§ ASSIGNMENT:
Scan the data below for the string "that". Copy every line where it appears.

§ DATA RECORDS:
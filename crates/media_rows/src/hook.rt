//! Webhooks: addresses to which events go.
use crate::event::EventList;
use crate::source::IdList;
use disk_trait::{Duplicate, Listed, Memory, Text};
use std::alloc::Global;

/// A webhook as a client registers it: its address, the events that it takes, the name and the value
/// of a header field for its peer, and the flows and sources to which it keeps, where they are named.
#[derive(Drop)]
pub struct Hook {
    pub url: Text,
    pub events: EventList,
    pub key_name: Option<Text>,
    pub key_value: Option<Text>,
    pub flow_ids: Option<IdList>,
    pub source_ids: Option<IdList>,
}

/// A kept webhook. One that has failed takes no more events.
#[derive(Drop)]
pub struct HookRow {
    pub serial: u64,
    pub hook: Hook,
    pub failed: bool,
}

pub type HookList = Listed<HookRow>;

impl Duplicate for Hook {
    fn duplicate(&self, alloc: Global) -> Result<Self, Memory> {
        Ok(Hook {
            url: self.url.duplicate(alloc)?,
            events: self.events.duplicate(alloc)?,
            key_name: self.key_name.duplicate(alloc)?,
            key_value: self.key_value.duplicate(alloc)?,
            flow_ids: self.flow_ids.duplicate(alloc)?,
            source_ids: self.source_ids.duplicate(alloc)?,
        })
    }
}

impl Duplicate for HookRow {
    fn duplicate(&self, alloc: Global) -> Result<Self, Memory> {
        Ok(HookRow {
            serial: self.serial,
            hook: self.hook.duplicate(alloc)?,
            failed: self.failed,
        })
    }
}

...

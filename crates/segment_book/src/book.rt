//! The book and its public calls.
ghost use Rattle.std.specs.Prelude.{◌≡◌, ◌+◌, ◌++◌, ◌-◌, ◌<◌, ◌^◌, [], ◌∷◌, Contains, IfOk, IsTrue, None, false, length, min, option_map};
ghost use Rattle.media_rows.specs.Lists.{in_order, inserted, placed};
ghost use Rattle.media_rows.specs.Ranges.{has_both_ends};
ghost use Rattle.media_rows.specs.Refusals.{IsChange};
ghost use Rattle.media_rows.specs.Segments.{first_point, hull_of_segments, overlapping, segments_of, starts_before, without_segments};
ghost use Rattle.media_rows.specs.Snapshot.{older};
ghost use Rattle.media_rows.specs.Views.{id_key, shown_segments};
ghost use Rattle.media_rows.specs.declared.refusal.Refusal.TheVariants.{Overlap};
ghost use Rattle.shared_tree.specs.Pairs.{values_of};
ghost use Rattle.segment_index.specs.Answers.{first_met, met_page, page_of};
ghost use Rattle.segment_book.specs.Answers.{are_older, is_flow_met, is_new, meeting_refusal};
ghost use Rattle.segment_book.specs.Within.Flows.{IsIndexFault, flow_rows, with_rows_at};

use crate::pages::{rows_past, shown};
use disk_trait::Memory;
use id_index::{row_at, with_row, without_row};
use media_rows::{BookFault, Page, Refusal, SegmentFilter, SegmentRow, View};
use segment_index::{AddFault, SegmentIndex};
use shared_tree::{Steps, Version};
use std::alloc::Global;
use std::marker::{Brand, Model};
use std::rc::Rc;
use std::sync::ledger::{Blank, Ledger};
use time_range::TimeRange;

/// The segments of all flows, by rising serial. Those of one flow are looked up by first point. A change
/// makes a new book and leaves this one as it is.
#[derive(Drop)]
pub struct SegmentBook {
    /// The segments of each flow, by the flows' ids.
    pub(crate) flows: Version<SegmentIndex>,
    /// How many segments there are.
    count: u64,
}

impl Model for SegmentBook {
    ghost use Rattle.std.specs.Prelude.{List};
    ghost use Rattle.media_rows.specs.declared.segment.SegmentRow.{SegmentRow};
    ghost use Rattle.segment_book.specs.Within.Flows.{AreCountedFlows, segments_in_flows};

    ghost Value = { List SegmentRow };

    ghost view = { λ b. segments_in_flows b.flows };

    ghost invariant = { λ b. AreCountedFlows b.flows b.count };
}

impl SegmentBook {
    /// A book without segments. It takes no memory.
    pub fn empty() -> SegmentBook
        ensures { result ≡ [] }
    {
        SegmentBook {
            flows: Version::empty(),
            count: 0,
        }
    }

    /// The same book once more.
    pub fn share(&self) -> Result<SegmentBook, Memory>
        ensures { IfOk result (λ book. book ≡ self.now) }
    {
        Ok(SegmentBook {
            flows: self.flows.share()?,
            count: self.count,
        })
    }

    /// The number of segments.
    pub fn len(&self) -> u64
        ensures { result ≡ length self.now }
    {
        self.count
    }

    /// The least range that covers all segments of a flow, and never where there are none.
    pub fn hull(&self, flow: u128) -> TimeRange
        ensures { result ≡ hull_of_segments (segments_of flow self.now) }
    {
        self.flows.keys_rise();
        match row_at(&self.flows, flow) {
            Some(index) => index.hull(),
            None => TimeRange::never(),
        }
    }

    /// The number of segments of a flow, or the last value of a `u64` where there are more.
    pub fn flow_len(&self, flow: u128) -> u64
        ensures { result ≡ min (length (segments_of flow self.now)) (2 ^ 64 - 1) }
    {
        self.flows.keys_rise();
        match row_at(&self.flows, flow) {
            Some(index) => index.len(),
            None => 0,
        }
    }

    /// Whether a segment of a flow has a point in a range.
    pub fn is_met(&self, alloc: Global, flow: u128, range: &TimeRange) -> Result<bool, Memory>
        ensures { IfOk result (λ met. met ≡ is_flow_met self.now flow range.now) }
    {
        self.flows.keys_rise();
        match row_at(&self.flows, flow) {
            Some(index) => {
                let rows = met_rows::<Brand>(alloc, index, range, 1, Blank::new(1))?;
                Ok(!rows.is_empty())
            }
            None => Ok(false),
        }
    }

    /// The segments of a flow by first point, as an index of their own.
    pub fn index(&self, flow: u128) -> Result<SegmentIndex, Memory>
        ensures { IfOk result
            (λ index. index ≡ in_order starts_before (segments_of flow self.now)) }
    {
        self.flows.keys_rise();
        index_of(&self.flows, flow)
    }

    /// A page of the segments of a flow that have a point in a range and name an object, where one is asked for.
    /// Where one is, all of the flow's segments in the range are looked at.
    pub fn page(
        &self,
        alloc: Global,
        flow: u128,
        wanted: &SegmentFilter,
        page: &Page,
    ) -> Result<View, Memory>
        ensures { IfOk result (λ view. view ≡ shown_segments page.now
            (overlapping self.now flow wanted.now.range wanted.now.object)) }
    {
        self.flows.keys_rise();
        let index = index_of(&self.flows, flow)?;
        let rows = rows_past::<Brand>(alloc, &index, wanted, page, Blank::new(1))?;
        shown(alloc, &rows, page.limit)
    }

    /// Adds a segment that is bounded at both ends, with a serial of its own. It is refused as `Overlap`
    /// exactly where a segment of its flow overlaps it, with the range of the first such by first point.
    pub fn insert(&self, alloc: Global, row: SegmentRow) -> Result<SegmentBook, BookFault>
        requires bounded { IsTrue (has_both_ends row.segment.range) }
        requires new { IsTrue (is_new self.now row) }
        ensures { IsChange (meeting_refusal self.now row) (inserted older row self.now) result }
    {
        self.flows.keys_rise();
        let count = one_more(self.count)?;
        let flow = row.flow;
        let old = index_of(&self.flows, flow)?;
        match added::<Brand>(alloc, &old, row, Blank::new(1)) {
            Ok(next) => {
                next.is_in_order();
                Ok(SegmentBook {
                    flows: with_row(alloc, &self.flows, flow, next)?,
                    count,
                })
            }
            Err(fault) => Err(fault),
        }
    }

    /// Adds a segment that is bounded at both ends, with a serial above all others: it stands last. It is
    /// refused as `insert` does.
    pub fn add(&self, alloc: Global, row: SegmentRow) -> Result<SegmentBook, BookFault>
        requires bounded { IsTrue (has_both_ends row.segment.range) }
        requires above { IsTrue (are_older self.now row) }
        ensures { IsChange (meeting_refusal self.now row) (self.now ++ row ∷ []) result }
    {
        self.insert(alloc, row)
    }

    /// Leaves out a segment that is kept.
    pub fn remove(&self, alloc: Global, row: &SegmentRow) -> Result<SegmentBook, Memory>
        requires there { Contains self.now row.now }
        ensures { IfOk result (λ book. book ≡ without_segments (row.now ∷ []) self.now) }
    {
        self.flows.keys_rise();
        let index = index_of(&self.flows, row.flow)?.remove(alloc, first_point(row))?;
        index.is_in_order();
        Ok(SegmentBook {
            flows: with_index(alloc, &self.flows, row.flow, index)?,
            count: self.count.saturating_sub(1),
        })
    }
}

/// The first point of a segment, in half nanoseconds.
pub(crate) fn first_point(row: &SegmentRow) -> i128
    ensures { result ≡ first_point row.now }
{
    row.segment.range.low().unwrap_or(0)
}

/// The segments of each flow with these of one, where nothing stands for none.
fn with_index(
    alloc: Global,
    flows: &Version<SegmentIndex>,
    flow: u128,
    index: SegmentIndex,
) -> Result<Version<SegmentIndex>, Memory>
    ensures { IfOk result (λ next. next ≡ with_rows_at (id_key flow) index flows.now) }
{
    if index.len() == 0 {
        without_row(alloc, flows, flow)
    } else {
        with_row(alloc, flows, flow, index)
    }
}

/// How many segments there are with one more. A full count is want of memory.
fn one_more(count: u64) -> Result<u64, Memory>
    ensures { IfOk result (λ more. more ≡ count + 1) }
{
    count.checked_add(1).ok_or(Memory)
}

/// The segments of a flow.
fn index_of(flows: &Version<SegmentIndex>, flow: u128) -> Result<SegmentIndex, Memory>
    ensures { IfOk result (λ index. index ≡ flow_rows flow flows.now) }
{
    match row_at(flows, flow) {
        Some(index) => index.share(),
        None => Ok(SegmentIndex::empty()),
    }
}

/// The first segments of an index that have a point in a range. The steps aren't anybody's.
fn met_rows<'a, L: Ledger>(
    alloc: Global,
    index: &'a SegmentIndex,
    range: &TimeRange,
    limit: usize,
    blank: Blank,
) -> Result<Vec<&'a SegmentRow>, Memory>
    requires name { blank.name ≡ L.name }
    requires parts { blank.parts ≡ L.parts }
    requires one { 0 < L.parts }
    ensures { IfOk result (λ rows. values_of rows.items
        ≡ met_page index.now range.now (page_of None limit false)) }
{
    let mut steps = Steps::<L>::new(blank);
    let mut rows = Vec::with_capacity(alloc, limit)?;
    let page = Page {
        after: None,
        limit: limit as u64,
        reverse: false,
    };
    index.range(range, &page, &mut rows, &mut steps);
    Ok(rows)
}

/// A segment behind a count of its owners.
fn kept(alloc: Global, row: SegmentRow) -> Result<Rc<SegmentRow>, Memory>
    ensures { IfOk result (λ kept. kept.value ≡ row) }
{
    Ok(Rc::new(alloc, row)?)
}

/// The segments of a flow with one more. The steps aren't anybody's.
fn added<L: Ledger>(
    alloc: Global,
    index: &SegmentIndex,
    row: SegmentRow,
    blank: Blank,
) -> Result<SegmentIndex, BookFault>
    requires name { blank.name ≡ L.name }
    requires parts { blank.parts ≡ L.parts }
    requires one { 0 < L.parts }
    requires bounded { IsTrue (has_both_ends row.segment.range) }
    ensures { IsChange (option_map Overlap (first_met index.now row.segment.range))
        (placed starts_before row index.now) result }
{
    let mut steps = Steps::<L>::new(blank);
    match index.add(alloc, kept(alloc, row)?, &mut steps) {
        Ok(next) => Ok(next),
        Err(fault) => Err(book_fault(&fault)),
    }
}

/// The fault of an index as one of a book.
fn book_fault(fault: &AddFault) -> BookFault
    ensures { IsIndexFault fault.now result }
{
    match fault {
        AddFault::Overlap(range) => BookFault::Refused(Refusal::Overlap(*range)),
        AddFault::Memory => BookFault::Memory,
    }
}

---

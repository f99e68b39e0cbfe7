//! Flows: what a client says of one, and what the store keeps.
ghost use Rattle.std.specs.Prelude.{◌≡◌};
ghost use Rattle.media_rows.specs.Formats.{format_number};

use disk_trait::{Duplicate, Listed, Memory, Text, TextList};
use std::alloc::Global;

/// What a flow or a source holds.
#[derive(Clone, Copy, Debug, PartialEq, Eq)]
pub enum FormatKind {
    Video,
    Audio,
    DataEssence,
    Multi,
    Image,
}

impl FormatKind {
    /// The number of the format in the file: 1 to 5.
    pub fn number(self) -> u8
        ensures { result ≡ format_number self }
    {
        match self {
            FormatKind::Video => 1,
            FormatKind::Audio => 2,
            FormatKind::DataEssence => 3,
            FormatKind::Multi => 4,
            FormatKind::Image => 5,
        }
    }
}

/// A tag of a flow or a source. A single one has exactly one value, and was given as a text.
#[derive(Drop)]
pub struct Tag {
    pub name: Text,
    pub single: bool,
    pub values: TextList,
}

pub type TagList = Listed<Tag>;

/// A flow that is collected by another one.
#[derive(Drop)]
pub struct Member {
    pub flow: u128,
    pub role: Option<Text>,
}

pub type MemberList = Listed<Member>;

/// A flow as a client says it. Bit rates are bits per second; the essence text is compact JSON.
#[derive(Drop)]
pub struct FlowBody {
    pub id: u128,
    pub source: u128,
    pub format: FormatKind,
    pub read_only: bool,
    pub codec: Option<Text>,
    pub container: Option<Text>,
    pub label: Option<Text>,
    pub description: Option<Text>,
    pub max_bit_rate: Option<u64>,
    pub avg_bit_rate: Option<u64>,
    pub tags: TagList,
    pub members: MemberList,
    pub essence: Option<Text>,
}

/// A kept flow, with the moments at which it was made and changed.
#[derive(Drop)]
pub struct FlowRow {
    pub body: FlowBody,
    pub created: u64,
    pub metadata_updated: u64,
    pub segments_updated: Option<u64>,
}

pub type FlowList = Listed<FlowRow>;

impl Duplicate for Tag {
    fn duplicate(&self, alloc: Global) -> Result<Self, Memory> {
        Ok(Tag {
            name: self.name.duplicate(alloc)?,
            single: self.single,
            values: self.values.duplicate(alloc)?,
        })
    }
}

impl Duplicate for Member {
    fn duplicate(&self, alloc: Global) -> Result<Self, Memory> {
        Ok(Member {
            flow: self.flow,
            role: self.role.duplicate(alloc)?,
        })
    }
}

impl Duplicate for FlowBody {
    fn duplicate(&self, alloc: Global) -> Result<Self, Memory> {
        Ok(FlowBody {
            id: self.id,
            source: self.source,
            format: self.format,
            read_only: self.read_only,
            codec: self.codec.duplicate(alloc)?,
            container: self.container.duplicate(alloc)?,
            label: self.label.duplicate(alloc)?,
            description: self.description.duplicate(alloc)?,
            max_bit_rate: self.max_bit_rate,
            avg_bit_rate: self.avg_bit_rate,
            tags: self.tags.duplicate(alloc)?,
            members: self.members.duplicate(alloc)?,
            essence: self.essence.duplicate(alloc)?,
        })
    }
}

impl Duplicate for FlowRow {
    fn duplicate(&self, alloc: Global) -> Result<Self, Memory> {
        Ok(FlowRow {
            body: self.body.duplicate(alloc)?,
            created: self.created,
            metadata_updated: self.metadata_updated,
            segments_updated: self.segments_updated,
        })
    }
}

§ RESULT BELOW:
/// A webhook as a client registers it: its address, the events that it takes, the name and the value
/// A kept webhook. One that has failed takes no more events.
    /// The least range that covers all segments of a flow, and never where there are none.
    /// A page of the segments of a flow that have a point in a range and name an object, where one is asked for.
    /// Adds a segment that is bounded at both ends, with a serial of its own. It is refused as `Overlap`
    /// Adds a segment that is bounded at both ends, with a serial above all others: it stands last. It is
    /// Leaves out a segment that is kept.
/// The first segments of an index that have a point in a range. The steps aren't anybody's.
/// A flow that is collected by another one.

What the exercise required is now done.